## INPUT DATA

= = =

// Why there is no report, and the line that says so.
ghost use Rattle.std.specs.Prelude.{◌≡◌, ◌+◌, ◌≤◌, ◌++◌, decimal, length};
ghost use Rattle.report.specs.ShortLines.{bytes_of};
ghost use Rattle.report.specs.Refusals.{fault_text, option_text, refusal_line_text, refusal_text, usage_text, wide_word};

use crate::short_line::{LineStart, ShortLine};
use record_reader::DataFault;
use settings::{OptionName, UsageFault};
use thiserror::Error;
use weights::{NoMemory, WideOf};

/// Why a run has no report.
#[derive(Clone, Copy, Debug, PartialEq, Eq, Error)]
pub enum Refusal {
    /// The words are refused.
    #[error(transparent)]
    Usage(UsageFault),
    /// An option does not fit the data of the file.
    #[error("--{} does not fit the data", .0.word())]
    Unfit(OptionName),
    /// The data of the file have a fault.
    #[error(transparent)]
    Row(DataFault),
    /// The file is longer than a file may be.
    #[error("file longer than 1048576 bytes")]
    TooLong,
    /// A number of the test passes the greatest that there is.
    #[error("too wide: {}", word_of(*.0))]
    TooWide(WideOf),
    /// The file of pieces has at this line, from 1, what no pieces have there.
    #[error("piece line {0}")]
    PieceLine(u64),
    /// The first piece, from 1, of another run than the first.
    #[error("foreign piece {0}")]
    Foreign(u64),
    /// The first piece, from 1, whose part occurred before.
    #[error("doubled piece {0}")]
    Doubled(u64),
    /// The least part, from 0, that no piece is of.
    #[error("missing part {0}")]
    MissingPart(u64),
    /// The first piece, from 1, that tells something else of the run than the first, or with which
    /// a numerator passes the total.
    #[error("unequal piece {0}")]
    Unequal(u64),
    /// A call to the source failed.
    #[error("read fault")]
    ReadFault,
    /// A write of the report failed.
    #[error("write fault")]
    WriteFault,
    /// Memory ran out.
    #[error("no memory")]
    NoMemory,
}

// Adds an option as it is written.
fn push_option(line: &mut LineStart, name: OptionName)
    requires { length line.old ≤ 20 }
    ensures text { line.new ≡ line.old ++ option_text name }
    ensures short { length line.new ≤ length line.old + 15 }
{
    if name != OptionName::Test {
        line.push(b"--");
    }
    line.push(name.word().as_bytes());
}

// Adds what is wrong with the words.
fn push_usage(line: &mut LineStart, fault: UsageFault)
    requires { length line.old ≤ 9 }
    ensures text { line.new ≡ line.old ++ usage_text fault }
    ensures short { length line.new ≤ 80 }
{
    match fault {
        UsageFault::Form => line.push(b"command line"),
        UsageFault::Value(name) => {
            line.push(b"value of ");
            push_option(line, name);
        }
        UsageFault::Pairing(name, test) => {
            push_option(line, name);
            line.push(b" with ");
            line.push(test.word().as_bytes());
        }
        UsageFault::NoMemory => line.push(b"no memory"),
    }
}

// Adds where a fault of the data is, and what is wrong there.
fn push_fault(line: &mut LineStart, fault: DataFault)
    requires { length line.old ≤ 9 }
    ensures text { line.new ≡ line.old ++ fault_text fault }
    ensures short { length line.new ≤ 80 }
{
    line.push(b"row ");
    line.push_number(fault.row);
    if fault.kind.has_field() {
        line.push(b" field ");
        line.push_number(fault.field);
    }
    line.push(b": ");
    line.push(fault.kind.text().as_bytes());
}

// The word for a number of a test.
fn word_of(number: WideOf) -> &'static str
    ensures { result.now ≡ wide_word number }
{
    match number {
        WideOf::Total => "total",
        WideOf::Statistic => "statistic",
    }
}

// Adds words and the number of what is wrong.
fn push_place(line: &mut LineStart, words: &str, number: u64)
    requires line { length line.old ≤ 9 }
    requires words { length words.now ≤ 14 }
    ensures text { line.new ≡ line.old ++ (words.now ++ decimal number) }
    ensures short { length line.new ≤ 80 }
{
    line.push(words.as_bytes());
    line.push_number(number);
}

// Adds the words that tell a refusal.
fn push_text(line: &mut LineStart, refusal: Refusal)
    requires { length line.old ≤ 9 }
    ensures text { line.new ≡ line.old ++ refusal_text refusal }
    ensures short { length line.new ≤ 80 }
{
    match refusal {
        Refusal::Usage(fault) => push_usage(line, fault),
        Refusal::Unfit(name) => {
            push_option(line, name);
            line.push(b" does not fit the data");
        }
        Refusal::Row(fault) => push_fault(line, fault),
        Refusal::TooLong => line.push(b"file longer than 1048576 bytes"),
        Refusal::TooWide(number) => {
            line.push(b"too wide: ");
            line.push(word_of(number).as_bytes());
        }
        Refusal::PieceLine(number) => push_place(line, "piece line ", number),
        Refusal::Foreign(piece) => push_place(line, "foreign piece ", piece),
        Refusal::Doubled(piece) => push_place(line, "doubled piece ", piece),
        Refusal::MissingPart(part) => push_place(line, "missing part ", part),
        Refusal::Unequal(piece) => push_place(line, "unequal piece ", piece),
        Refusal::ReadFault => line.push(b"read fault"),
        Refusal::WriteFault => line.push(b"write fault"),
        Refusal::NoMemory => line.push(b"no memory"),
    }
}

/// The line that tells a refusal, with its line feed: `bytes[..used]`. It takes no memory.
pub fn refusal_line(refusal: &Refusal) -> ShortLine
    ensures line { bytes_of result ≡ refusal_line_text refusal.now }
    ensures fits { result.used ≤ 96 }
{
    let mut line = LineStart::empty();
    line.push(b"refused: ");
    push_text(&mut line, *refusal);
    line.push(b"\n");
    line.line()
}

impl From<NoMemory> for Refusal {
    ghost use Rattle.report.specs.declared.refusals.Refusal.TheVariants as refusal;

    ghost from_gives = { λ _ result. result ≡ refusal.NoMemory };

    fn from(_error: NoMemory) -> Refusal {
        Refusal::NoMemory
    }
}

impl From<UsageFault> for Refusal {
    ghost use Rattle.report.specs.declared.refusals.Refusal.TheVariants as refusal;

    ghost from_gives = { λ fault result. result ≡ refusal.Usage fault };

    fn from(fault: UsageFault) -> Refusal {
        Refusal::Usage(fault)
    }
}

= = =

## EXERCISE DESCRIPTION
Each line above where the word "total" occurs should be returned in full.

## EXPECTED ANSWER
    /// a numerator passes the total.
        WideOf::Total => "total",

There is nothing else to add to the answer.